5.9. Omdat de rechtbank van oordeel is dat er een overschrijding van de redelijke termijn heeft plaatsgevonden, moet de boete worden gematigd. De Afdeling zoekt bij de matiging van de bestuurlijke boete aansluiting bij eerdere rechtspraak van de Hoge Raad.
Conclusie en gevolgen
6. Gelet op het voorgaande is de rechtbank van oordeel dat het bestreden besluit als gevolg van het gewijzigde standpunt van verweerder in beroep en de daaruit voortvloeiende matiging van de boete, in rechte geen stand kan houden. Dit betekent dat de rechtbank het beroep gegrond zal verklaren en het bestreden besluit voor wat betreft de hoogte van de boete zal vernietigen. De rechtbank zal met toepassing van artikel 8:72a van de Awb de boete vaststellen op een bedrag van € 1.170,-.
7. Omdat het beroep gegrond is en het bestreden besluit deels wordt vernietigd, moet verweerder het griffierecht van € 365,- aan eiseres vergoeden.
8. Daarnaast veroordeelt de rechtbank verweerder in de door eiseres in beroep gemaakte proceskosten. De proceskosten worden berekend volgens het Besluit proceskosten bestuursrecht. De kosten van rechtsbijstand stelt de rechtbank vast op € 1.750,- (1 punt voor het indienen van het beroepschrift en 1 punt voor het bijwonen van de zitting met een waarde per punt van € 875,- en wegingsfactor 1). Voor een vergoeding van de proceskosten in bezwaar ziet de rechtbank geen aanleiding, omdat eiseres gedurende de bezwaarprocedure niet om een vergoeding van deze kosten heeft verzocht.
Beslissing
De rechtbank:
-
verklaart het beroep gegrond;
-
vernietigt het bestreden besluit voor wat betreft de hoogte van de opgelegde boete;
-
herroept het primaire besluit voor wat betreft de hoogte van de opgelegde boete;
-
bepaalt dat het bedrag van de opgelegde boete wordt vastgesteld op € 1.170,-;
-
bepaalt dat deze uitspraak in zoverre in de plaats treedt van het vernietigde besluit;
-
bepaalt dat verweerder het griffierecht van € 365,- aan eiseres moet vergoeden;
-
veroordeelt verweerder in de proceskosten van eiseres tot een bedrag van € 1.750,-.
Deze uitspraak is gedaan door mr. M.D. Gunster, rechter, in aanwezigheid van mr. E.H. Maas, griffier. De uitspraak is uitgesproken in het openbaar op 19 juli 2024.

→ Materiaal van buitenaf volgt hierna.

//! The line of each kind of act, and the texts of worked runs.
ghost use Rattle.std.specs.Prelude.{◌≡◌, ◌≤◌, ◌∷◌, [], codes, IfOk};

use crate::{write_act, write_history, write_summary};
use grid_model::{
    Act, Document, Flag, Head, ItemList, Message, Out, Prepare, ReadRep, ReadReq, ScriptList,
};
use placement::{Cluster, Places};
use score_base::{
    Ballot, Cause, Date, Ident, Key, KeyList, Memory, NodeId, NodeList, Outcome, TryCopy, TxId,
    Value, WriteList,
};
use script_lang::{Op, Script, ScriptDraft};
use std::alloc::Global;
use std::process::Abort;
use std::test::Fail;

fn node(number: u8) -> NodeId
    requires least { 1 ≤ number }
    requires most { number ≤ 16 }
    ensures { result ≡ number }
{
    NodeId { number }
}

fn tx(number: u16) -> TxId
    requires { 1 ≤ number }
    ensures { result ≡ number }
{
    TxId { number }
}

fn key(bytes: &[u8]) -> Result<Key, Memory>
    ensures { IfOk result (λ k. k ≡ bytes.now) }
{
    match Key::new(bytes) {
        Some(key) => Ok(key),
        None => Err(Memory),
    }
}

fn shows(rt: &impl Abort, alloc: Global, act: Act, line: &str) {
    let mut out = Vec::new(alloc);
    assert!(rt; write_act(&act, &mut out).is_ok());
    assert_eq!(rt; out.as_slice(), line.as_bytes());
}

/// A message that was copied has this line where it is sent.
fn says(rt: &impl Abort, alloc: Global, message: Message, line: &str) {
    match message.copy() {
        Ok(copy) => shows(rt, alloc, Act::Sent(3, node(2), node(1), copy), line),
        Err(_) => assert!(rt; false),
    }
}

/// Whether the copy of an out is that out.
fn is_copied() -> bool {
    match Out::Act(Act::Got(11)).copy() {
        Ok(out) => match &out {
            Out::Act(act) => matches!(act, Act::Got(11)),
            Out::Send(_, _) => false,
        },
        Err(_) => false,
    }
}

#[test]
fn copies(rt: HostRuntime) {
    assert!(rt; is_copied());
}

#[test]
fn acts_of_the_network(rt: HostRuntime) -> Result<(), Fail> {
    let alloc = rt.alloc();
    shows(&rt, alloc, Act::Got(11), "got 11\n");
    shows(&rt, alloc, Act::Missed(4294967295), "missed 4294967295\n");
    shows(&rt, alloc, Act::Dropped(1), "dropped 1\n");
    shows(&rt, alloc, Act::Void(3), "void 3\n");
    shows(&rt, alloc, Act::Armed(node(2), 7, 0), "armed n2 7 0\n");
    shows(&rt, alloc, Act::StillDown(node(16)), "stilldown n16\n");
    Ok(())
}

#[test]
fn acts_of_reads(rt: HostRuntime) -> Result<(), Fail> {
    let alloc = rt.alloc();
    let a = key(b"a")?;
    shows(
        &rt,
        alloc,
        Act::Began(tx(2), node(1), Ident(1)),
        "began 2 n1 1\n",
    );
    shows(
        &rt,
        alloc,
        Act::Raised(node(2), Ident(64)),
        "raised n2 64\n",
    );
    shows(
        &rt,
        alloc,
        Act::Served(node(2), tx(1), 1, a, Ident(0), Ident(0), Value(10)),
        "served n2 1 1 a 0 0 10\n",
    );
    shows(
        &rt,
        alloc,
        Act::Held(node(2), tx(3), 1, Ident(1)),
        "held n2 3 1 1\n",
    );
    shows(
        &rt,
        alloc,
        Act::Taken(tx(1), 1, Ident(0), Value(10)),
        "taken 1 1 0 10\n",
    );
    shows(&rt, alloc, Act::Own(tx(1), 3, Value(5)), "own 1 3 5\n");
    shows(
        &rt,
        alloc,
        Act::Ceiling(node(2), Ident(64)),
        "ceiling n2 64\n",
    );
    Ok(())
}

#[test]
fn acts_of_votes(rt: HostRuntime) -> Result<(), Fail> {
    let alloc = rt.alloc();
    let a = key(b"a")?;
    shows(
        &rt,
        alloc,
        Act::Prepared(node(2), tx(1), Ident(1)),
        "prepared n2 1 1\n",
    );
    shows(
        &rt,
        alloc,
        Act::Refused(node(2), tx(2), Cause::Holder(tx(1))),
        "refused n2 2 holder 1\n",
    );
    shows(
        &rt,
        alloc,
        Act::Refused(node(2), tx(1), Cause::Newer(a, Ident(1))),
        "refused n2 1 newer a 1\n",
    );
    shows(&rt, alloc, Act::Decided(tx(2), Ident(2)), "decided 2 2\n");
    shows(
        &rt,
        alloc,
        Act::Aborted(tx(2), node(2), Cause::Holder(tx(1))),
        "aborted 2 n2 holder 1\n",
    );
    shows(
        &rt,
        alloc,
        Act::Aborted(tx(1), node(2), Cause::Newer(a, Ident(1))),
        "aborted 1 n2 newer a 1\n",
    );
    Ok(())
}

#[test]
fn acts_of_ends(rt: HostRuntime) -> Result<(), Fail> {
    let alloc = rt.alloc();
    shows(
        &rt,
        alloc,
        Act::Ended(node(2), tx(1), Outcome::Commit(Ident(1))),
        "ended n2 1 commit 1\n",
    );
    shows(
        &rt,
        alloc,
        Act::Ended(node(1), tx(1), Outcome::Abort),
        "ended n1 1 abort\n",
    );
    shows(&rt, alloc, Act::Finished(tx(1)), "finished 1\n");
    shows(&rt, alloc, Act::Closed(tx(65535)), "closed 65535\n");
    shows(&rt, alloc, Act::Lost(tx(1)), "lost 1\n");
    shows(
        &rt,
        alloc,
        Act::Up(node(1), Flag::Untouched),
        "up n1 none\n",
    );
    shows(&rt, alloc, Act::Up(node(1), Flag::Kept), "up n1 kept\n");
    shows(&rt, alloc, Act::Up(node(2), Flag::Gone), "up n2 gone\n");
    Ok(())
}

fn stops(rt: &impl Abort, alloc: Global, head: Head, line: &str) {
    shows(rt, alloc, Act::Down(node(2), Some(head)), line);
}

#[test]
fn acts_of_stops(rt: HostRuntime) -> Result<(), Fail> {
    let alloc = rt.alloc();
    shows(&rt, alloc, Act::Down(node(2), None), "down n2 none\n");
    stops(
        &rt,
        alloc,
        Head::Prepared(tx(1), Ident(2)),
        "down n2 prepared 1 2\n",
    );
    stops(
        &rt,
        alloc,
        Head::Ended(tx(1), Outcome::Commit(Ident(1))),
        "down n2 ended 1 commit 1\n",
    );
    stops(
        &rt,
        alloc,
        Head::Ended(tx(1), Outcome::Abort),
        "down n2 ended 1 abort\n",
    );
    stops(&rt, alloc, Head::Ceiling(Ident(64)), "down n2 ceiling 64\n");
    stops(
        &rt,
        alloc,
        Head::Decided(tx(1), Ident(3)),
        "down n2 decided 1 3\n",
    );
    stops(&rt, alloc, Head::Closed(tx(1)), "down n2 closed 1\n");
    stops(&rt, alloc, Head::Compact, "down n2 compact\n");
    shows(&rt, alloc, Act::Compacted(node(2)), "compacted n2\n");
    Ok(())
}

fn request(t: TxId, op: u8, key: Key, date: Date) -> Message {
    Message::ReadReq(ReadReq { t, op, key, date })
}

fn reply(t: TxId, op: u8, sid: Ident, value: Value) -> Message {
    Message::ReadRep(ReadRep { t, op, sid, value })
}

fn vote(t: TxId, ballot: Ballot) -> Message {
    Message::Vote { t, ballot }
}

#[test]
fn messages_of_reads_and_votes(rt: HostRuntime) -> Result<(), Fail> {
    let alloc = rt.alloc();
    let a = key(b"a")?;
    says(
        &rt,
        alloc,
        request(tx(1), 1, a, Date::First(Ident(0))),
        "sent 3 n2 n1 readreq 1 1 a first 0\n",
    );
    says(
        &rt,
        alloc,
        request(tx(1), 2, a, Date::At(Ident(1))),
        "sent 3 n2 n1 readreq 1 2 a at 1\n",
    );
    says(
        &rt,
        alloc,
        reply(tx(1), 1, Ident(0), Value(10)),
        "sent 3 n2 n1 readrep 1 1 0 10\n",
    );
    says(
        &rt,
        alloc,
        vote(tx(1), Ballot::Yes(Ident(1))),
        "sent 3 n2 n1 vote 1 yes 1\n",
    );
    says(
        &rt,
        alloc,
        vote(tx(2), Ballot::No(Cause::Holder(tx(1)))),
        "sent 3 n2 n1 vote 2 no holder 1\n",
    );
    says(
        &rt,
        alloc,
        vote(tx(1), Ballot::No(Cause::Newer(a, Ident(1)))),
        "sent 3 n2 n1 vote 1 no newer a 1\n",
    );
    Ok(())
}

#[test]
fn messages_of_ends(rt: HostRuntime) -> Result<(), Fail> {
    let alloc = rt.alloc();
    let t = tx(1);
    says(
        &rt,
        alloc,
        Message::Tell {
            t,
            outcome: Outcome::Commit(Ident(1)),
        },
        "sent 3 n2 n1 tell 1 commit 1\n",
    );
    says(
        &rt,
        alloc,
        Message::Tell {
            t,
            outcome: Outcome::Abort,
        },
        "sent 3 n2 n1 tell 1 abort\n",
    );
    says(&rt, alloc, Message::Ack { t }, "sent 3 n2 n1 ack 1\n");
    says(&rt, alloc, Message::Ask { t }, "sent 3 n2 n1 ask 1\n");
    says(
        &rt,
        alloc,
        Message::AskPeer { t },
        "sent 3 n2 n1 askpeer 1\n",
    );
    Ok(())
}

fn prepare(alloc: Global, reads: KeyList, writes: WriteList) -> Result<Message, Memory> {
    let mut parts = NodeList::new(alloc);
    parts.push(node(1))?;
    parts.push(node(2))?;
    Ok(Message::Prepare(Prepare {
        t: tx(1),
        sid: Ident(0),
        parts,
        reads,
        writes,
    }))
}

#[test]
fn message_prepare(rt: HostRuntime) -> Result<(), Fail> {
    let alloc = rt.alloc();
    let mut writes = WriteList::new(alloc);
    writes.push((key(b"b")?, Value(11)))?;
    let message = prepare(alloc, KeyList::new(alloc), writes)?;
    says(
        &rt,
        alloc,
        message,
        "sent 3 n2 n1 prepare 1 0 parts 2 n1 n2 reads 0 writes 1 b 11\n",
    );
    let mut reads = KeyList::new(alloc);
    reads.push(key(b"a")?)?;
    let message = prepare(alloc, reads, WriteList::new(alloc))?;
    says(
        &rt,
        alloc,
        message,
        "sent 3 n2 n1 prepare 1 0 parts 2 n1 n2 reads 1 a writes 0\n",
    );
    Ok(())
}

fn places(alloc: Global) -> Result<Places, Memory>
    ensures { IfOk result (λ p. p ≡ (1 ∷ []) ∷ (2 ∷ []) ∷ []) }
{
    let mut first = NodeList::new(alloc);
    first.push(node(1))?;
    let mut second = NodeList::new(alloc);
    second.push(node(2))?;
    let mut partitions = Vec::new(alloc);
    partitions.push(first)?;
    partitions.push(second)?;
    Ok(Places::new(partitions))
}

fn cluster(alloc: Global) -> Result<Cluster, Memory>
    ensures { IfOk result (λ c. c
        ≡ record { nodes = 2; places = (1 ∷ []) ∷ (2 ∷ []) ∷ []; inits = (codes "a", 10) ∷ (codes "b", 0) ∷ [] }) }
{
    let mut inits = WriteList::new(alloc);
    inits.push((key(b"a")?, Value(10)))?;
    inits.push((key(b"b")?, Value(0)))?;
    Ok(Cluster {
        nodes: 2,
        places: places(alloc)?,
        inits,
    })
}

/// A transaction of n1 that reads `a`.
fn reader(alloc: Global, number: TxId) -> Result<Script, Memory>
    ensures { IfOk result (λ s. s ≡ record { number = number; home = 1; session = 0; ops = Op.Read (codes "a") ∷ [] }) }
{
    let mut draft = ScriptDraft::new(alloc, number, node(1), 0);
    draft.push_read(key(b"a")?)?;
    Ok(draft.finish())
}

/// Two nodes, two keys with values, and one transaction.
fn one_reader(alloc: Global) -> Result<Document, Memory> {
    let mut scripts = ScriptList::new(alloc);
    scripts.push(reader(alloc, tx(1))?)?;
    Ok(Document {
        cluster: cluster(alloc)?,
        scripts,
        items: ItemList::new(alloc),
    })
}

/// The same with two transactions, the greater number first.
fn two_readers(alloc: Global) -> Result<Document, Memory> {
    let mut scripts = ScriptList::new(alloc);
    scripts.push(reader(alloc, tx(10))?)?;
    scripts.push(reader(alloc, tx(9))?)?;
    Ok(Document {
        cluster: cluster(alloc)?,
        scripts,
        items: ItemList::new(alloc),
    })
}

/// The acts from the start of two nodes to the end of a read of `a` at n2 by transaction 1 of n1.
fn first_read(alloc: Global) -> Result<Vec<Act>, Memory> {
    let mut acts = Vec::new(alloc);
    acts.push(Act::Up(node(1), Flag::Untouched))?;
    acts.push(Act::Up(node(2), Flag::Untouched))?;
    acts.push(Act::Began(tx(1), node(1), Ident(0)))?;
    let asked = request(tx(1), 1, key(b"a")?, Date::First(Ident(0)));
    acts.push(Act::Sent(1, node(1), node(2), asked))?;
    acts.push(Act::Got(1))?;
    push_reply(&mut acts)?;
    Ok(acts)
}

fn push_reply(acts: &mut Vec<Act>) -> Result<(), Memory> {
    let (t, a) = (tx(1), key(b"a")?);
    acts.push(Act::Served(node(2), t, 1, a, Ident(0), Ident(0), Value(10)))?;
    let answer = reply(t, 1, Ident(0), Value(10));
    acts.push(Act::Sent(2, node(2), node(1), answer))?;
    acts.push(Act::Got(2))?;
    acts.push(Act::Taken(t, 1, Ident(0), Value(10)))?;
    acts.push(Act::Finished(t))?;
    Ok(())
}

#[test]
fn text_of_a_first_read(rt: HostRuntime) -> Result<(), Fail> {
    let alloc = rt.alloc();
    let doc = one_reader(alloc)?.copy()?;
    let acts = first_read(alloc)?;
    let mut out = Vec::new(alloc);
    write_history(&doc, acts.as_slice(), &mut out)?;
    let want = "\
up n1 none
up n2 none
began 1 n1 0
sent 1 n1 n2 readreq 1 1 a first 0
got 1
served n2 1 1 a 0 0 10
sent 2 n2 n1 readrep 1 1 0 10
got 2
taken 1 1 0 10
finished 1
summary
tx 1 read 0
key a n2 10 0
key b n1 0 0
";
    assert_eq!(rt; out.as_slice(), want.as_bytes());
    Ok(())
}

#[test]
fn summary_in_rising_number(rt: HostRuntime) -> Result<(), Fail> {
    let alloc = rt.alloc();
    let doc = two_readers(alloc)?;
    let mut acts = Vec::new(alloc);
    acts.push(Act::Began(tx(10), node(1), Ident(0)))?;
    let mut out = Vec::new(alloc);
    write_summary(&doc, acts.as_slice(), &mut out)?;
    let want = "\
summary
tx 9 unbegun
tx 10 reading 1
key a n2 10 0
key b n1 0 0
";
    assert_eq!(rt; out.as_slice(), want.as_bytes());
    Ok(())
}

Een afschrift van deze uitspraak is verzonden aan partijen op:
Informatie over hoger beroep
Een partij die het niet eens is met deze uitspraak, kan een hogerberoepschrift sturen naar de Afdeling bestuursrechtspraak van de Raad van State waarin wordt uitgelegd waarom deze partij het niet eens is met deze uitspraak. Het hogerberoepschrift moet worden ingediend binnen zes weken na de dag waarop deze uitspraak is verzonden. Kan de indiener de behandeling van het hoger beroep niet afwachten, omdat de zaak spoed heeft, dan kan de indiener de voorzieningenrechter van de Afdeling bestuursrechtspraak van de Raad van State vragen om een voorlopige voorziening (een tijdelijke maatregel) te treffen.
Zie onder andere de uitspraak van de Afdeling van 9 september 2020, ECLI:NL:RVS:2020:2165.
Zie de uitspraak van de Afdeling van 26 juli 2023, ECLI:NL:RVS:2023:2862.
Zie de uitspraak van de Afdeling van 26 juli 2023, ECLI:NL:RVS:2023:2862 en de uitspraak van 13 april 2022, ECLI:NL:RVS:2022:1060.
In de zin van artikel 8, achtste lid, van de Vo. 561/2006.
Op grond van artikel 8:1, derde lid, van het Atbv.
Op grond van artikel 5:46, tweede lid, van de Awb.
Zie de uitspraak van de Afdeling van 6 juli 2022, ECLI:NL:RVS:2022:1908.
Zie de uitspraak van de Afdeling van 18 oktober 2023, ECLI:NL:RVS:2023:3853.
Zie de uitspraak van de Afdeling van 11 december 2019, ECLI:NL:RVS:2019:4181 en van 8 maart 2023, ECLI:NL:RVS:2023:913.
Zie de uitspraak van de Afdeling van 8 maart 2023, ECLI:NL:RVS:2023:913.